Pay the premiums, and don’t worry about the potential tax implications.
As long as the loan interest and premiums are paid according to the contract, the policy will not lapse and the owner of the policy can use the capital borrowed for whatever need or purpose intended.
Why A Participating Policy May be Best
For many people, a participating whole life insurance policy represents a very safe and stable investment tool (while the insurance provides valuable financial protection) as long as the policyholder can afford the whole life policy.
Many people who own whole life policies experience solid returns. Whole life insurance is widely considered in the industry to be one of the safest ways to invest.
The dividend rate depends on the market interest rates. When rates rise, the insurance company makes more money, therefore dividends rise.
The cash value in your life insurance policy is further protected by the total value of the life insurance company, as well as your state’s insurance regulations, up to a certain dollar amount.
When you factor in the safety, stability, and tax advantages, a participating policy is often the best choice for many people who are not best suited for term life insurance.
But remember to make sure that you budget for the whole life policy. It is more expensive than a term insurance policy.
Participation in the policy can also help reduce your taxes. Keep in mind, though rare, that dividends are not guaranteed, and the value of the mutual fund could go down.
How does Whole Life Insurance work?
First thing in getting a whole life policy or participating policy is finding a life insurance agent and becoming a policyholder. Then each year, quarter, or month, you will pay premiums to the policy. These premiums will go towards the life insurance policy’s death benefits as well as the cash value.
Once you have begun to make premium payments, loans can be taken out against the policy. The life insurance company requires you to use the cash value as collateral. Premium payments earn cash value. This is why you can’t take loans until you’ve made premium payments.
Then finally, the death benefit will be distributed to the beneficiaries once the policyholder passes away.
The only requirement to initiate a policy loan is to assign the policy to the insurance company for security. The insurance company will need to be contacted by either making a phone call or completing a simple online loan request form.
Policy loans can alter the death benefit of the policy and possibly the dividends that are paid or potential earned.
Pros and Cons of a Whole Life Policy
The policy loan benefits of a participating whole life insurance policy guarantees a source of value that can be borrowed and managed by an individual. When this is done in the right way, the positive cash flow can be used to create more value, wealth, and equity. It can also create the ability to increase policy premiums, and therefore allow you to repeat this cycle.
With this cycle of positive cash flow and properly managing the policy, the pros of having whole life insurance definitely outweigh the potential tax implications that could result from improperly managing the policy.
Below are the pros and cons of having a participating or whole life insurance policy:
Pros:
- It builds up accessible cash value over time
- Tax-deferred growth on cash value
- Access to tax-advantaged loans for any reason
- Potential to receive dividends
Cons:
- Premiums can be costly
- Withdrawals made can reduce the growth in the cash value
- Poor policy management can lead to costly tax liabilities
Choosing a Life Insurance Policy
When looking into the different life insurance policies, whether a participating (whole life) or nonparticipating policy (term life), remember to weigh the pros and cons of both.

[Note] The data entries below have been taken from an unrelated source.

// Open and fixed records written over their own part of the book. What is written is not tested: the
// commands, which have tested it, are to call it.
#![tactic(auto)]

pub mod store;
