// Open and fixed records written.
ghost use Rattle.std.specs.Prelude.{◌≡◌};
ghost use Rattle.rules.specs.Decision.{voted};
ghost use Rattle.rules.specs.Record.{prices_in, open_record, fixed_record};
ghost use Rattle.core_parts.specs.States.{stored_of};
ghost use Rattle.core_decide.specs.Decisions.{answer_of};
ghost use Rattle.record_read.specs.Records.{opening_of};
ghost use Rattle.record_write.specs.Stores.{record_over};
ghost use Rattle.record_store.specs.Outcomes.{outcome_of};
ghost use Rattle.record_store.specs.Prices.{with_price};

use core_decide::decide::Decision;
use core_parts::state::SettlementParts;
use record_read::contents::Opening;
use record_read::outcome::StoredOutcome;
use record_read::tag::Tag;
use record_write::price::write_slot_price;
use record_write::record::{Outcome, write_record};

// Writes an open record over a record's bytes, with a price for one slot; the other slot prices stay.
// Bytes of another length stay too. Slot and price are two parameters: as one `Option` of both, each
// caller would put together what it has apart. Inlined always: else a field that stays is written all
// the same, and an offer takes 110 instructions more, a withdraw 170.
#[inline(always)]
#[tactic(auto, using(crate::proofs::Priced::priced_open), unfolding(core_parts::specs::States::stored_of))]
pub fn write_open(
    part: &mut [u8],
    opening: Opening,
    state: SettlementParts,
    slot: Option<u8>,
    price: u64,
)
    ensures { part.new ≡ record_over part.old (open_record (opening_of opening) (stored_of state) (with_price (prices_in part.old) slot price)) }
{
    let none = Outcome {
        tag: Tag::Open.number(),
        samples: 0,
        method: 0,
        fixing_time: 0,
        price: 0,
    };
    write_record(part, opening, state, none);
    if let Some(i) = slot {
        write_slot_price(part, i, price);
    }
}

// The outcome that a decision is at a time, under the vote's tag: none is written with the old order's
// (#109).
fn outcome_of(d: Decision, fixing_time: i64) -> Outcome
    ensures { result ≡ outcome_of (answer_of d) fixing_time }
{
    let StoredOutcome {
        samples,
        method,
        price,
    } = StoredOutcome::from(d);
    Outcome {
        tag: Tag::Fixed.number(),
        samples,
        method,
        fixing_time,
        price,
    }
}

// Writes a record that is fixed by the vote over a record's bytes, with its outcome; the slot prices
// stay. Bytes of another length stay too.
pub fn write_fixed(
    part: &mut [u8],
    opening: Opening,
    state: SettlementParts,
    outcome: Decision,
    fixing_time: i64,
)
    ensures { part.new ≡ record_over part.old (fixed_record voted (opening_of opening) (stored_of state) (prices_in part.old) (answer_of outcome) fixing_time) }
{
    let o = outcome_of(outcome, fixing_time);
    write_record(part, opening, state, o);
}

What is required to get each one?
Can your budget afford one over the other?
The reasons why you are investing in life insurance.
Are you wanting a policy to cover expenses once you have passed, or a policy that you can have a cash value as well as a death benefit.
Whole life will most likely have higher premiums than term policies, but over time can be more beneficial due to dividends. Having the whole life policy or cash value policy, dividends will most likely increase as the policy’s cash value increases. The annual dividend will increase as you make the required premium payments.